EXERCISE AIM: Below is a listing. Write out exactly its lines between the one holding "fn are_terms(ops: &[Op], sources: &[Sources], terms: &[u64])" and the one holding "-> Result<Terms, NoMemory>", inclusive.

#####

//! Which operations of rows are like none of a block.
ghost use Rattle.std.specs.Prelude.{◌≡◌, ◌≢◌, ◌<◌, ℕ, true, None, map, slice_index, IfOk};
ghost use Rattle.std.specs.BTreeMap.{get};
ghost use Rattle.std.specs.Ordering.{nat_cmp};
ghost use Rattle.iloc_facts.specs.declared.reading.Reading.{Reading as Noted};
ghost use Rattle.iloc_reasons.specs.Steps.Likeness.{TellApart};
ghost use Rattle.iloc_reasons.specs.Steps.Terms.{AreTerms};

use crate::choice::data_flow::DataFlow;
use crate::terms::{Values, at, label_number};
use iloc_facts::{Reading, Sides, Sources};
use iloc_ops::{NoMemory, Op};
use std::alloc::Global;
use std::collections::BTreeMap;

/// The terms of the operations of a block and of rows.
#[derive(Drop)]
pub(crate) struct Terms {
    pub block: Vec<u64>,
    pub rows: Vec<u64>,
    /// The terms of the block, to look them up.
    pub known: BTreeMap<u64, usize>,
}

/// Whether the term of each operation is that of its label and of what it reads.
fn are_terms(ops: &[Op], sources: &[Sources], terms: &[u64]) -> bool
    ensures { result ≡ true → AreTerms ops.now sources.now terms.now }
{
    for (k, op) in ops.iter().enumerate() {
        let read = sources.get(k).copied().unwrap_or(Sources::Nothing);
        if at(terms, k) != Values::of(terms, read).behind(label_number(op)) {
            return false;
        }
    }
    true
}

/// What the operations of rows read.
pub(crate) fn sources_of(alloc: Global, readings: &[Reading]) -> Result<Vec<Sources>, NoMemory>
    ensures { IfOk result (λ sources. sources.items ≡ map (λ (r : Noted). r.sources) readings.now) }
{
    let mut sources = Vec::with_capacity(alloc, readings.len())?;
    for reading in readings {
        sources.push(reading.sources)?;
    }
    Ok(sources)
}

/// The first `count` of `terms`, to look them up.
fn looked_up(alloc: Global, terms: &[u64], count: usize) -> Result<BTreeMap<u64, usize>, NoMemory>
    ensures { IfOk result (λ found. (i : ℕ) → i < count → get nat_cmp found (slice_index terms.now i) ≢ None) }
{
    let mut found = BTreeMap::new(alloc);
    for i in 0..count {
        found.insert(at(terms, i), i)?;
    }
    Ok(found)
}

/// The terms of both sides, by the data flow of `block` and of `rows`. Where they couldn't be relied on, which doesn't
/// happen, all operations have one term.
pub(crate) fn terms_of(
    alloc: Global,
    sides: &Sides,
    block: &DataFlow,
    rows: &DataFlow,
) -> Result<Terms, NoMemory>
    ensures { IfOk result (TellApart sides.now.latencies.now sides.now.block.items sides.now.schedule.now.ops
        sides.now.schedule.now.rows) }
{
    let ops = sides.schedule.ops();
    let sources = sources_of(alloc, &sides.readings)?;
    let here = block.forwards(alloc, &block.labels)?;
    let there = rows.forwards(alloc, &rows.labels)?;
    if are_terms(&sides.block, &sides.givens, &here) && are_terms(ops, &sources, &there) {
        let known = looked_up(alloc, &here, sides.block.len())?;
        return Ok(Terms {
            block: here,
            rows: there,
            known,
        });
    }
    let known = looked_up(alloc, &[], 1)?;
    Ok(Terms {
        block: Vec::new(alloc),
        rows: Vec::new(alloc),
        known,
    })
}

#####

ANSWER TO THIS TASK:
fn are_terms(ops: &[Op], sources: &[Sources], terms: &[u64]) -> bool
    ensures { result ≡ true → AreTerms ops.now sources.now terms.now }
{
    for (k, op) in ops.iter().enumerate() {
        let read = sources.get(k).copied().unwrap_or(Sources::Nothing);
        if at(terms, k) != Values::of(terms, read).behind(label_number(op)) {
            return false;
        }
    }
    true
}

/// What the operations of rows read.
pub(crate) fn sources_of(alloc: Global, readings: &[Reading]) -> Result<Vec<Sources>, NoMemory>
    ensures { IfOk result (λ sources. sources.items ≡ map (λ (r : Noted). r.sources) readings.now) }
{
    let mut sources = Vec::with_capacity(alloc, readings.len())?;
    for reading in readings {
        sources.push(reading.sources)?;
    }
    Ok(sources)
}

/// The first `count` of `terms`, to look them up.
fn looked_up(alloc: Global, terms: &[u64], count: usize) -> Result<BTreeMap<u64, usize>, NoMemory>
    ensures { IfOk result (λ found. (i : ℕ) → i < count → get nat_cmp found (slice_index terms.now i) ≢ None) }
{
    let mut found = BTreeMap::new(alloc);
    for i in 0..count {
        found.insert(at(terms, i), i)?;
    }
    Ok(found)
}

/// The terms of both sides, by the data flow of `block` and of `rows`. Where they couldn't be relied on, which doesn't
/// happen, all operations have one term.
pub(crate) fn terms_of(
    alloc: Global,
    sides: &Sides,
    block: &DataFlow,
    rows: &DataFlow,
) -> Result<Terms, NoMemory>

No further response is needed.